UU Mutual Legal Assitance Dinilai Strategi Efektif Atasi Krisis Keuangan Negara

Peneliti senior AEPI Salamuddin Daeng/Dokumentasi pribadi
Asosiasi Ekonomi Politik Indonesia (AEPI) menilai perjanjian Mutual Legal Assistace (MLA) dengan pemerintah Swiss yang sudah diratifikasi menjadi Undang-Undang Nomor 5 Tahun 2020 tentang MLA Indonesia Swiss bisa sebagai mekanisme menyita uang hasil kejahatan keuangan yang tersimpan dalam rekening rahasia.
Peneliti senior AEPI Salamuddin Daeng mengatakan, bila pemerintah menjalankan dengan sungguh-sungguh perjanjian dan UU MLA tersebut, maka Indonesia dinilai memiliki sumber daya keuangan yang sangat besar bagi agenda global yakni recovery ekonomi, digitalisasi dan transisi energi.
“Indonesia sebagai Presidensi G20 telah mendapat mandat besar bagi pemulihan ekonomi dunia,” kata Salamuddin beberapa waktu lalu.
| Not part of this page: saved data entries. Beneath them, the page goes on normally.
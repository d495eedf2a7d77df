//! Checks that tests share.

ghost use Rattle.std.specs.Prelude.{◌<◌, length};

use std::process::Abort;
use trees::{NodeId, Store};

/// This holds.
pub fn expect(rt: &impl Abort, holds: bool, what: &str) {
    assert!(rt; holds, "{what}");
}

/// This holds for a number.
pub fn expect_at(rt: &impl Abort, holds: bool, at: usize) {
    assert!(rt; holds, "at {at}");
}

/// A store has so many nodes.
pub fn expect_len(rt: &impl Abort, store: &Store, len: usize) {
    expect_at(rt, store.len() == len, len);
}

/// A store has this node.
pub fn expect_in(rt: &impl Abort, store: &Store, id: NodeId)
    ensures { id.index < length store.now }
{
    assert!(rt; id.index < store.len());
}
Menurut Salamuddin, Indonesia berkesempatan besar menjalankan semua agenda perubahan global termasuk transisi energi sebagai salah satu agenda utama Presidensi G20 bagi pemulihan lingkungan sebagai paru-paru dunia. Indonesia juga berkekuatan untuk menyongsong akhir dari sistem petrodolar, karena kekayaan energi Indonesia yang kompleks, dan Indonesia telah diberi gelar oleh pemerintah Inggris sebagai climate super power.
“Posisi ini dipandang sebagai super power baru menggantikan konsep super power yang lama,” ujar Salamuddin.
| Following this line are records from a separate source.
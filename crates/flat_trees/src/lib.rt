//! The tree of a document as one looks at it, page by page.
//!
//! In a flat tree lists don't nest, and a node with one part stands in the line of that part.
//! `looked_at` has the way down it to a position, the nodes on this way, and others that are named
//! by the ways to them: of each a page of its parts. It is the tree of the text, or, where that
//! has a fault, the tree of its mended copy (`mending`). `following` is what may follow there.
//!
//! Words: a *line* is a node or a token, with the nodes around it that have no other part. The
//! *parts* of a node are the lines below it; of a node that begins with a node of the same
//! nonterminal, first those of that one. A *way* has the numbers of the parts that lead from the
//! first line down to a node, counted from 0.
//!
//! Limits: a page has 100 parts, and of a token 60 characters are told. Of a way of more than 80
//! nodes the first 8 and the last 72 are told; beside these, 60 nodes. A call costs, for each node
//! on the ways, the parts of that node, and of a copy its kinds; `following` the nodes on one way,
//! or the kinds of a copy. In the example `language` is loaded from the grammar file in README.md.
//!
//! ```
//! let doc = Doc::open(alloc, language, Unit::Utf16, 1, "1+2+3").ok()?;
//! let position = Position { line: 0, character: 2 };
//! let found = looked_at(alloc, language, &doc, None, position, &[]).ok()?;
//! let sum = found.nodes.first()?;
//! println!(rt; "part {} of {}", found.way.first()?, sum.count).ok()
//! // part 2 of 5
//! ```
#![tactic(auto)]

mod flat;
mod follow;
mod looking;
mod told;

pub use follow::following;
pub use looking::looked_at;
pub use told::{Line, Looked, NodePage, Way};
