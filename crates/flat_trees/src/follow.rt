//! What may follow at a position.

ghost use Rattle.docs.specs.Docs.{IsCurrent};

use definitions::Position;
use docs::{Doc, Language};
use forests::Numbers;
use lexer::MoreThan;
use mending::Mending;
use states::Pile;
use std::alloc::{AllocError, Global};
use tables::Expected;

/// The rules that may follow at a position of a document, and the end: behind the tokens that
/// begin before it. Where the text has a fault it is as its mended copy goes on, which is the
/// document's.
///
/// Refuses for memory alone.
pub fn following<'a>(
    alloc: Global,
    language: &'a Language,
    doc: &Doc,
    mending: Option<&Mending>,
    position: Position,
) -> Result<Expected<'a>, AllocError>
    requires { IsCurrent language.now doc.now }
{
    let count = count_before(doc, doc.characters().offset(doc.unit(), position));
    let found = match mending {
        Some(mending) => pile_in_copy(alloc, language, mending, count)?,
        None => Pile::at(alloc, language.tables(), doc.nodes(), doc.parse(), count)?,
    };
    match found {
        Some(pile) => Ok(pile.expected()),
        None => Ok(Expected::nothing()),
    }
}

/// How many significant tokens begin before an offset.
fn count_before(doc: &Doc, offset: usize) -> usize {
    let tokens = doc.tokens();
    let (place, before) = tokens.items().locate(&MoreThan::Characters(offset));
    let count = before.significant as usize;
    match tokens.token(place) {
        Some(token) if !token.skipped && (before.characters as usize) < offset => {
            count.saturating_add(1)
        }
        _ => count,
    }
}

/// The stack behind the last kind of a copy that stands for one of so many first tokens.
fn pile_in_copy<'a>(
    alloc: Global,
    language: &'a Language,
    mending: &Mending,
    count: usize,
) -> Result<Option<Pile<'a>>, AllocError> {
    let mut pile = Pile::new(alloc, language.tables())?;
    let Some(last) = count.checked_sub(1) else {
        return Ok(Some(pile));
    };
    let end = match Numbers::of(alloc, mending)?.last_up_to(last) {
        Some(place) => place.saturating_add(1),
        None => 0,
    };
    match mending.kinds().get(..end) {
        Some(kinds) if pile.read_all(kinds)? => Ok(Some(pile)),
        _ => Ok(None),
    }
}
Sebagai Presidensi G20, kata Salamuddin, Indonesia dapat memimpin dunia bagi pembentukan keseimbangan global baru, melalui transparansi dan digitalisasi yang akan dimulai dari transparansi keuangan. “Transparansi keuangan akan menjadi pintu pembuka sumber-sumber keuangan baru bagi pembangunan global dan pemulihan lingkungan hidup,” kata Salamuddin.
Di samping itu, Salamuddin menyinggung peran DPD yang telah mengambil langkah strategis dengan membuka kembali kasus BLBI melalui pembentukan panitia khusus (Pansus). Langkah ini diharapkan bisa sebagai pintu masuk mengusut secara tuntas kasus BLBI yang merugikan keuangan negara sehingga membuat bergantung pada utang.
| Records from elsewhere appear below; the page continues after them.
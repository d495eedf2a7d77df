//! Tests of the public calls of stores of trees. The crate has nothing else.
#![tactic(auto)]

#[cfg(test)]
mod checks;
#[cfg(test)]
mod node_forms;
#[cfg(test)]
mod tree_stores;
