//! What is told of a flat tree.

use definitions::Range;

/// A line of a flat tree.
#[derive(Debug, Drop)]
pub struct Line {
    /// The names of its nodes from outer to inner, and of its token.
    pub names: Vec<String>,
    /// Whether it ends with a node, not a token.
    pub is_node: bool,
    /// Whether this node has parts.
    pub has_parts: bool,
    /// Whether the text has a token of it, or it has none: otherwise all of it is put in.
    pub is_there: bool,
    /// What its tokens in the text stand on, in the document's unit, where it has some.
    pub range: Option<Range>,
    /// The text of its token, where it ends with one that is in the text; of more than 60
    /// characters the first 60.
    pub text: Option<String>,
}

/// A node that is named by the way to it, and the part that is looked at.
#[derive(Debug, Drop)]
pub struct Way {
    pub path: Vec<u32>,
    pub part: u32,
}

/// A page of the parts of a node.
#[derive(Debug, Drop)]
pub struct NodePage {
    /// The way to the node.
    pub path: Vec<usize>,
    /// How many parts it has.
    pub count: usize,
    /// The number of the first part on this page.
    pub first: usize,
    /// The parts on this page.
    pub parts: Vec<Line>,
}

/// What is looked at of a tree.
#[derive(Debug, Drop)]
pub struct Looked {
    /// The first line; none where there is no tree.
    pub root: Option<Line>,
    /// The way to the token at a position, or to the smallest node around it.
    pub way: Vec<usize>,
    /// The nodes on the way, and then those that were named.
    pub nodes: Vec<NodePage>,
}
“Pembentukan Pansus BLBI merupakan respons terhadap kegagalan pemerintah dalam mengusut tuntas melalui pembentukan Satgas BLBI yang sampai hari ini putus asa dan tidak melaporkan hasil apapun,” kata Salamuddin.
Langkah DPD berikutnya yang akan membuka dan mendorong proses hukum secara pidana terhadap kasus korupsi BLBI merupakan langkah yang tepat sesuai dengan agenda internasional untuk menjalankan proses pidana terhadap segala bentuk kejahatan keuangan di semua negara di dunia.
“Salah satu kejahatan keuangan paling besar di dunia adalah kejahatan KLBI dan BLBI yang terjadi di Indonesia,” katanya.